*Directions*. When you reach the line with "0 < self.old.left.room" in the data below, begin printing lines exactly, and stop once the line with "fn case_9(rt: &impl" has been printed.

Dataset entries
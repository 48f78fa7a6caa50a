//! What becomes of the reports that the calling thread takes.
ghost use Rattle.std.specs.Prelude.{◌≡◌, ℕ, List, Bool, OnErr, OnOk};
ghost use Rattle.hj_collect.specs.Collector.{CollectorState};
ghost use Rattle.hj_raw.specs.Items.{TakenReport};

use hj_base::Memory;
use hj_collect::Collector;
use hj_msg::{Drained, Report};

/// What becomes of the reports that are taken of the cores: it keeps what it makes of them, and gives it where that is due.
pub trait Outlet<P> {
    ghost use Rattle.hj_msg.specs.declared.drain.Drained.{Drained};
    ghost use Rattle.hj_msg.specs.declared.drain.Drained.TheVariants.{Kept};
    ghost use Rattle.hj_desk.specs.Outlet.{GivesDue, KeepsReport, LosesReport};

    /// An outlet may become another one over the reports that were taken of so many cores. The last thing that it gave had an
    /// answer; and maybe memory ran out for what is made of a report.
    ghost gave: { Self → ℕ → List (TakenReport P) → Bool → Drained → Self → Type 0 };

    /// Nothing that it keeps is due, by what the collector knows.
    ghost rests: { Self → CollectorState → Type 0 };

    /// Keeps what it makes of a report, of which the collector took note. After an error that is lost.
    fn keep(&mut self, collector: &Collector, report: &Report<P>) -> Result<(), Memory>
        ensures kept { OnOk result (KeepsReport gave collector.now report.now self.old self.new) }
        ensures lost { OnErr result (LosesReport gave collector.now report.now self.old self.new) };

    /// Gives what is due, by what the collector knows, up to the first thing that is refused.
    fn release(&mut self, collector: &Collector) -> Drained
        ensures due { GivesDue gave collector.now result self.old self.new }
        ensures rests { result ≡ Kept → rests self.new collector.now };
}
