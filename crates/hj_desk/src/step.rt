/// What a step did.
#[derive(Clone, Copy, Debug, PartialEq, Eq)]
pub enum DeskStep {
    /// It put or took.
    Did,
    /// There was nothing to take, or nothing that may be put now.
    Idle,
    /// No turn number is left, so nothing was put or taken, and never will be.
    Spent,
    /// A report was taken, and memory ran out for what is made of it. Nothing is given from now on.
    Memory,
}
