//! The two ends of the chain.
ghost use Rattle.std.specs.Prelude.{◌≡◌, ◌+◌, ◌<◌, ◌++◌, ◌∷◌, [], IfSome, IfNone, MatchBool};
ghost use Rattle.hj_base.specs.declared.numbers.Side.TheVariants.{Left as OnLeft, Right as OnRight};
ghost use Rattle.hj_base.specs.Journals.{put};
ghost use Rattle.hj_msg.specs.Driver.{receipt, closing};
ghost use Rattle.hj_msg.specs.Turns.{only_at};

use hj_base::Side;
use hj_link::{LeftEnd, RightEnd};
use hj_msg::Msg;

/// The ends of the chain, at which the driver puts and takes.
#[derive(Drop)]
pub struct Ports<P: Drop> {
    /// The left end of the first link.
    pub left: LeftEnd<Msg<P>>,
    /// The right end of the last link.
    pub right: RightEnd<Msg<P>>,
}

impl<P: Drop> Ports<P> {
    ghost use Rattle.hj_desk.specs.Ports.{end_at, KeepsLinks, Notes, IsQuiet, FoundEmpty, FoundFull};

    /// Takes the first message that comes out at a port, under a turn.
    #[inline(always)]
    pub fn take(&mut self, port: Side, turn: u64) -> Option<Msg<P>>
        ensures links { KeepsLinks self.old self.new }
        ensures taken { IfSome result (λ message. Notes turn (receipt port message) self.old self.new) }
        ensures quiet { IfNone result (IsQuiet self.old self.new) }
        ensures empty { IfNone result (FoundEmpty port self.old self.new) }
    {
        match port {
            Side::Left => self.left.take(turn),
            Side::Right => self.right.take(turn),
        }
    }

    /// Returns whether the next put at a port finds room. Doesn't look at the other port.
    #[inline(always)]
    pub fn has_room(&mut self, port: Side) -> bool
        ensures links { KeepsLinks self.old self.new }
        ensures quiet { IsQuiet self.old self.new }
        ensures room { MatchBool result (0 < (end_at port self.new).room) (FoundFull port self.old self.new) }
        ensures right { port ≡ OnLeft → self.new.right ≡ self.old.right }
        ensures left { port ≡ OnRight → self.new.left ≡ self.old.left }
    {
        match port {
            Side::Left => self.left.room(),
            Side::Right => self.right.room(),
        }
    }

    /// Puts a message at a port that has room, under a turn.
    #[inline(always)]
    pub fn put(&mut self, port: Side, turn: u64, message: Msg<P>)
        requires { 0 < (end_at port self.old).room }
        ensures links { KeepsLinks self.old self.new }
        ensures left { self.new.left.journal ≡ self.old.left.journal ++ only_at port OnLeft (put turn message) }
        ensures right { self.new.right.journal ≡ self.old.right.journal ++ only_at port OnRight (put turn message) }
    {
        let put = match port {
            Side::Left => self.left.put(turn, message),
            Side::Right => self.right.put(turn, message),
        };
        if put.is_err() {
            unreachable!()
        }
    }

    /// Puts both closes, under one turn.
    pub fn put_closes(&mut self, turn: u64)
        requires left { 0 < self.old.left.room }
        requires right { 0 < self.old.right.room }
        ensures links { KeepsLinks self.old self.new }
        ensures closes { Notes turn closing self.old self.new }
    {
        if self.left.put(turn, Msg::CloseL).is_err() || self.right.put(turn, Msg::CloseR).is_err() {
            unreachable!()
        }
    }
}
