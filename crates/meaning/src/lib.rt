// The types of constraint trees, datum trees and verdicts. The definitions stand in specs/.
#![tactic(auto)]

// The flags of existence: 0..0, 0..1 and 1..1.
pub const PROHIBITED: u8 = 0;

pub const OPTIONAL: u8 = 1;

pub const REQUIRED: u8 = 2;
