// The words that `plan` lends, a line a year: document 01's cases 9 to 12; the paper's case study, and its sheet with replace not offered.

ghost use Rattle.std.specs.Prelude.{◌≤◌};

use crate::show::{kept, year};
use std::io;
use test_sheets::paper::sheet;
use test_sheets::{REPLACE_AT, document};

// The words after planning, one more than it wants; they hold 7 before. What it answers is printed by the cases of plans.
fn lent(sheet: &[u8]) -> [u64; 302] {
    let mut plan = [0; 619];
    let mut words = [7; 302];
    let _ = planner::plan(sheet, &mut plan, &mut words);
    words
}

// The words of the first years up to one, under the case's name.
fn years_to(rt: &impl Print, name: &str, words: &[u64; 302], last: usize) -> io::Result<()>
    requires { last ≤ 300 }
{
    println!(rt; "{name}")?;
    for y in 0..=last {
        year(rt, words, y)?;
    }
    Ok(())
}

// No replacements lead from 0 to T.
fn case_9(rt: &impl Print) -> io::Result<()> {
    years_to(rt, "case 9, words", &lent(&document::case_9().0), 5)
}

// Every total is 0.
fn case_10(rt: &impl Print) -> io::Result<()> {
    years_to(rt, "case 10, words", &lent(&document::case_10().0), 7)
}

// Words past T keep their content.
fn case_11(rt: &impl Print) -> io::Result<()> {
    let words = lent(&document::case_11().0);
    years_to(rt, "case 11, words", &words, 3)?;
    kept(rt, &words)
}

pub fn years_0_to_4(rt: &impl Print, name: &str, sheet: &[u8]) -> io::Result<()> {
    years_to(rt, name, &lent(sheet), 4)
}

pub fn cases(rt: &impl Print) -> io::Result<()> {
    case_9(rt)?;
    case_10(rt)?;
    case_11(rt)?;
    years_0_to_4(rt, "case 12, words", &document::case_12().0)
}

// Where the replacements of the case study start, and its last years.
pub fn years_to_300(rt: &impl Print, name: &str, sheet: &[u8]) -> io::Result<()> {
    let words = lent(sheet);
    println!(rt; "{name}")?;
    for y in [0, 60, 120, 180, 240, 299, 300] {
        year(rt, &words, y)?;
    }
    Ok(())
}

pub fn replacements(rt: &impl Print) -> io::Result<()> {
    years_to_300(rt, "paper, words", &sheet().0)
}

pub fn none(rt: &impl Print) -> io::Result<()> {
    let words = lent(&sheet().lives(REPLACE_AT, 0, 0).0);
    println!(rt; "paper, replace not offered, words")?;
    year(rt, &words, 299)?;
    year(rt, &words, 300)
}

*Exercise result*.
        requires left { 0 < self.old.left.room }
        requires right { 0 < self.old.right.room }
        ensures links { KeepsLinks self.old self.new }
        ensures closes { Notes turn closing self.old self.new }
    {
        if self.left.put(turn, Msg::CloseL).is_err() || self.right.put(turn, Msg::CloseR).is_err() {
            unreachable!()
        }
    }
}
filename crates/meaning/src/lib.rt
// The types of constraint trees, datum trees and verdicts. The definitions stand in specs/.
#![tactic(auto)]

// The flags of existence: 0..0, 0..1 and 1..1.
pub const PROHIBITED: u8 = 0;

pub const OPTIONAL: u8 = 1;

pub const REQUIRED: u8 = 2;
// The words that `plan` lends, a line a year: document 01's cases 9 to 12; the paper's case study, and its sheet with replace not offered.

ghost use Rattle.std.specs.Prelude.{◌≤◌};

use crate::show::{kept, year};
use std::io;
use test_sheets::paper::sheet;
use test_sheets::{REPLACE_AT, document};

// The words after planning, one more than it wants; they hold 7 before. What it answers is printed by the cases of plans.
fn lent(sheet: &[u8]) -> [u64; 302] {
    let mut plan = [0; 619];
    let mut words = [7; 302];
    let _ = planner::plan(sheet, &mut plan, &mut words);
    words
}

// The words of the first years up to one, under the case's name.
fn years_to(rt: &impl Print, name: &str, words: &[u64; 302], last: usize) -> io::Result<()>
    requires { last ≤ 300 }
{
    println!(rt; "{name}")?;
    for y in 0..=last {
        year(rt, words, y)?;
    }
    Ok(())
}

// No replacements lead from 0 to T.
fn case_9(rt: &impl Print) -> io::Result<()> {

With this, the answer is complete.